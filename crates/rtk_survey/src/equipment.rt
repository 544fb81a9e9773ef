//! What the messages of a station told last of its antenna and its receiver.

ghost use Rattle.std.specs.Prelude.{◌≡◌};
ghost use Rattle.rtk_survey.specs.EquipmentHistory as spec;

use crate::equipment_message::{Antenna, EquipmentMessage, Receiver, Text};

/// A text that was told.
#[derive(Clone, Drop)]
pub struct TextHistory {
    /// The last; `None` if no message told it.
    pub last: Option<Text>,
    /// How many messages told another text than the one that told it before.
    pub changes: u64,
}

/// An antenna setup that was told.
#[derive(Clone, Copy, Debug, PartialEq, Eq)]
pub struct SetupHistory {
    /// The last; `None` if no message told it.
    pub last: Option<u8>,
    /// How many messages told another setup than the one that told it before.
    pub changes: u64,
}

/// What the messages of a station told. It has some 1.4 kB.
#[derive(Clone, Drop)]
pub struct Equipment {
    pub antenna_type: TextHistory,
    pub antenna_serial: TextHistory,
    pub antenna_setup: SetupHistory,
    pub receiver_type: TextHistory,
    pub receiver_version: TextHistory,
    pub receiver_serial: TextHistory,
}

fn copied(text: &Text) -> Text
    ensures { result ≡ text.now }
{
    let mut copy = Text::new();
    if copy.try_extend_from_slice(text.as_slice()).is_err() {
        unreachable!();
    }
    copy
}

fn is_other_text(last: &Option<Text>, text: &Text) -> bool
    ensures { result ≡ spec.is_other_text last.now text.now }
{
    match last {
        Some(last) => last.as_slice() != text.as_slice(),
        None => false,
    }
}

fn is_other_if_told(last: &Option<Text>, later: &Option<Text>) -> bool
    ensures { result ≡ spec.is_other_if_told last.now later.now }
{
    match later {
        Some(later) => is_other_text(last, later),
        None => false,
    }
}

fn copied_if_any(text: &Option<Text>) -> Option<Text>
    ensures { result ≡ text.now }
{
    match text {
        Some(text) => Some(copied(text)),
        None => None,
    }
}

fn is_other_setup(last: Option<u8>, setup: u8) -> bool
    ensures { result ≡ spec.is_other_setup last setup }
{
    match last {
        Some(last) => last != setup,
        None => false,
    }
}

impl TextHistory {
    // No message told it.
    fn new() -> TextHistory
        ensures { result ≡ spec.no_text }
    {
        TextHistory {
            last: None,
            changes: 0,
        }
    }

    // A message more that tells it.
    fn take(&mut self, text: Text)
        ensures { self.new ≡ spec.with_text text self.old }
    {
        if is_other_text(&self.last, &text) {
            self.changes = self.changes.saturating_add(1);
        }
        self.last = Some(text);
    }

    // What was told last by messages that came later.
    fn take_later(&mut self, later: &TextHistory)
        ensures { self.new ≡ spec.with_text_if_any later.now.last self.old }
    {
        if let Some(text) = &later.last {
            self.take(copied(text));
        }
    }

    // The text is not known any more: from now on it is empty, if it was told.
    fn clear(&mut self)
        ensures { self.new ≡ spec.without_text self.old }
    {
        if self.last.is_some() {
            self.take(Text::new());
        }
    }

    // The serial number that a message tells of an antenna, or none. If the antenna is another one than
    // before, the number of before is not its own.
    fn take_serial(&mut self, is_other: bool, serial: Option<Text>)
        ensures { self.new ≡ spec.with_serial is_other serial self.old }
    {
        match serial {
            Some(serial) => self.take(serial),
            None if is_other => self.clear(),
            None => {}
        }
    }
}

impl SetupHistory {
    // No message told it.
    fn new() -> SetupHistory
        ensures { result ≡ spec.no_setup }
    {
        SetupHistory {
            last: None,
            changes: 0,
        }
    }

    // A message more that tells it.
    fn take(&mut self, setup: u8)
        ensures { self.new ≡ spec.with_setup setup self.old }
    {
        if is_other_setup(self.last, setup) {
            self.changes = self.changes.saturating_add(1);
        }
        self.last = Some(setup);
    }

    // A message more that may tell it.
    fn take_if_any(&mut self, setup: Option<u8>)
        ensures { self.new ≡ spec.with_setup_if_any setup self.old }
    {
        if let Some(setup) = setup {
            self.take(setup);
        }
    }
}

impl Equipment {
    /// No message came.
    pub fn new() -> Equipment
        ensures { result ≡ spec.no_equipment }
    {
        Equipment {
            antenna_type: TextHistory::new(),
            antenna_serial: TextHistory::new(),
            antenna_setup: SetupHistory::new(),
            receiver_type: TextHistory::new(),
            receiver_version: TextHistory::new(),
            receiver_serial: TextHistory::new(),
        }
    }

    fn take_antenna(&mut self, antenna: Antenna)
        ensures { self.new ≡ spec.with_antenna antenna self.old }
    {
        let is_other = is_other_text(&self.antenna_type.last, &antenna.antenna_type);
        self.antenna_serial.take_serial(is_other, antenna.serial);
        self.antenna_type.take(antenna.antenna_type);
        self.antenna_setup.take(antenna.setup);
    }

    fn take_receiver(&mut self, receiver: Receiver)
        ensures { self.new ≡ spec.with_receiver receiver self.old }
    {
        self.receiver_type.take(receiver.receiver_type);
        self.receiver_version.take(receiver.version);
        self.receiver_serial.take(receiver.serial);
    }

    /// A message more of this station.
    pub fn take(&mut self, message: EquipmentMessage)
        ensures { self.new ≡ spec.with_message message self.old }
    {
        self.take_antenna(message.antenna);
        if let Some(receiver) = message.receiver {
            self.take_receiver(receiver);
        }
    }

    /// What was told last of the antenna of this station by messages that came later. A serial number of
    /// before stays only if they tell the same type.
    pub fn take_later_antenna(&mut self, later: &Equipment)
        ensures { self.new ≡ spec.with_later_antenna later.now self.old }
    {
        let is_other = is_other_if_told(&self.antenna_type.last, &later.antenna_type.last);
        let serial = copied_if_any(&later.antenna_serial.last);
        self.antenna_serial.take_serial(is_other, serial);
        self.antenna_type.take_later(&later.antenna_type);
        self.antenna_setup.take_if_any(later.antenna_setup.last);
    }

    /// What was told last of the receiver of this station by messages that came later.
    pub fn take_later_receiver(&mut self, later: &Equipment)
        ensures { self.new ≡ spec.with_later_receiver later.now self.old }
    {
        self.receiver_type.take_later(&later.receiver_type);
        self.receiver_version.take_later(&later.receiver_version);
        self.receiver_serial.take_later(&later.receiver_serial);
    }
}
++++++++++++++++++++
• _The task_:
Please reproduce the lines from the line with "self.receiver_version.take(receiver.version);" to the line with "self.antenna_serial.take_serial(is_other, serial);", both ends included, exactly as they appear above.

• _Result_:
        self.receiver_version.take(receiver.version);
        self.receiver_serial.take(receiver.serial);
    }

    /// A message more of this station.
    pub fn take(&mut self, message: EquipmentMessage)
        ensures { self.new ≡ spec.with_message message self.old }
    {
        self.take_antenna(message.antenna);
        if let Some(receiver) = message.receiver {
            self.take_receiver(receiver);
        }
    }

    /// What was told last of the antenna of this station by messages that came later. A serial number of
    /// before stays only if they tell the same type.
    pub fn take_later_antenna(&mut self, later: &Equipment)
        ensures { self.new ≡ spec.with_later_antenna later.now self.old }
    {
        let is_other = is_other_if_told(&self.antenna_type.last, &later.antenna_type.last);
        let serial = copied_if_any(&later.antenna_serial.last);
        self.antenna_serial.take_serial(is_other, serial);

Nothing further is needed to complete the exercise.